** Work order **
Lift out all lines below that contain "length".

======== Data records

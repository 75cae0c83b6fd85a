//! What the run of a session depends on: each question that it asks its session, with the first step that asks it.
//!
//! - `dependencies`: the run that notes them
//! - `bios`: whether a run looked for the BIOS
//! - `rows`: indexes in a row that were asked for
//! - `laws`: the law that a session which answers these questions alike runs alike
#![tactic(auto)]

mod bios;
mod dependencies;
mod laws;
mod rows;

pub use bios::bios_look;
pub use dependencies::{Dependencies, run_noting_looks};
pub use laws::dependencies_decide;
pub use rows::{Joining, Row, StepTable, next_row};
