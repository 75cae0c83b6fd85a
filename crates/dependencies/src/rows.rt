// Indexes in a row that were asked for.

ghost use Rattle.std.specs.Prelude.{◌≡◌, ◌<◌, [], Some, IfSome, IfNone, length};
ghost use Rattle.first_looks.specs.FirstSteps.{step_in};
ghost use Rattle.dependencies.specs.Rows.{IsFirstRow, joins, rows_from};

use first_looks::{FirstSteps, SequentialSteps};

/// Indexes in a row that were asked for.
#[derive(Clone, Copy)]
pub struct Row {
    /// The first index.
    pub first: usize,
    /// The index behind the last one.
    pub end: usize,
    /// The first step that asked for one of them.
    pub step: u64,
}

/// Which neighbours belong to one row.
#[derive(Clone, Copy, Debug, PartialEq, Eq)]
pub enum Joining {
    /// All of them.
    Joined,
    /// Those that the same step asked for first.
    ByStep,
}

impl Joining {
    // Returns whether neighbours with these steps belong to one row.
    fn join(self, first: u64, second: u64) -> bool
        ensures { result ≡ joins self first second }
    {
        match self {
            Joining::Joined => true,
            Joining::ByStep => first == second,
        }
    }
}

/// For each index of one kind the first step that asked for it, if there is one.
pub trait StepTable {
    ghost use Rattle.std.specs.Prelude.{ℕ, List, Option};

    ghost steps: { Self → List (Option ℕ) };

    /// Returns the first step that asked for an index, if there is one.
    fn step_at(&self, index: usize) -> Option<u64>
        ensures { result ≡ step_in (steps self.now) index };

    /// Returns an index from which on no index was asked for.
    fn end(&self) -> usize
        ensures { result ≡ length (steps self.now) };
}

impl StepTable for FirstSteps {
    ghost steps = { λ t. t.entries };

    fn step_at(&self, index: usize) -> Option<u64> {
        self.get(index)
    }

    fn end(&self) -> usize {
        FirstSteps::end(self)
    }
}

impl StepTable for SequentialSteps {
    ghost steps = { λ t. t.entries };

    fn step_at(&self, index: usize) -> Option<u64> {
        self.get(index)
    }

    fn end(&self) -> usize {
        SequentialSteps::end(self)
    }
}

/// Returns the first row of the indexes from `from` on; `None` if no index from `from` on was asked for.
pub fn next_row<T: StepTable>(table: &T, joining: Joining, from: usize) -> Option<Row>
    ensures some { IfSome result (λ r. IsFirstRow joining (T.steps table.now) from r) }
    ensures none { IfNone result (rows_from joining (T.steps table.now) from ≡ []) }
{
    let end = table.end();
    let mut first = from;
    while first < end {
        if let Some(step) = table.step_at(first) {
            return Some(row_from(table, joining, first, step, end));
        }
        first += 1;
    }
    None
}

// Returns the row that begins with this index, which `step` asked for first.
fn row_from<T: StepTable>(table: &T, joining: Joining, first: usize, step: u64, end: usize) -> Row
    requires end { end ≡ length (T.steps table.now) }
    requires first { first < end }
    requires there { step_in (T.steps table.now) first ≡ Some step }
    ensures { IsFirstRow joining (T.steps table.now) first result }
{
    let mut row = Row {
        first,
        end: first + 1,
        step,
    };
    while row.end < end {
        match table.step_at(row.end) {
            Some(step) if joining.join(row.step, step) => {
                row.end += 1;
                row.step = row.step.min(step);
            }
            _ => return row,
        }
    }
    row
}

================

** Output below **
ghost use Rattle.std.specs.Prelude.{◌≡◌, ◌<◌, [], Some, IfSome, IfNone, length};
        ensures { result ≡ length (steps self.now) };
    requires end { end ≡ length (T.steps table.now) }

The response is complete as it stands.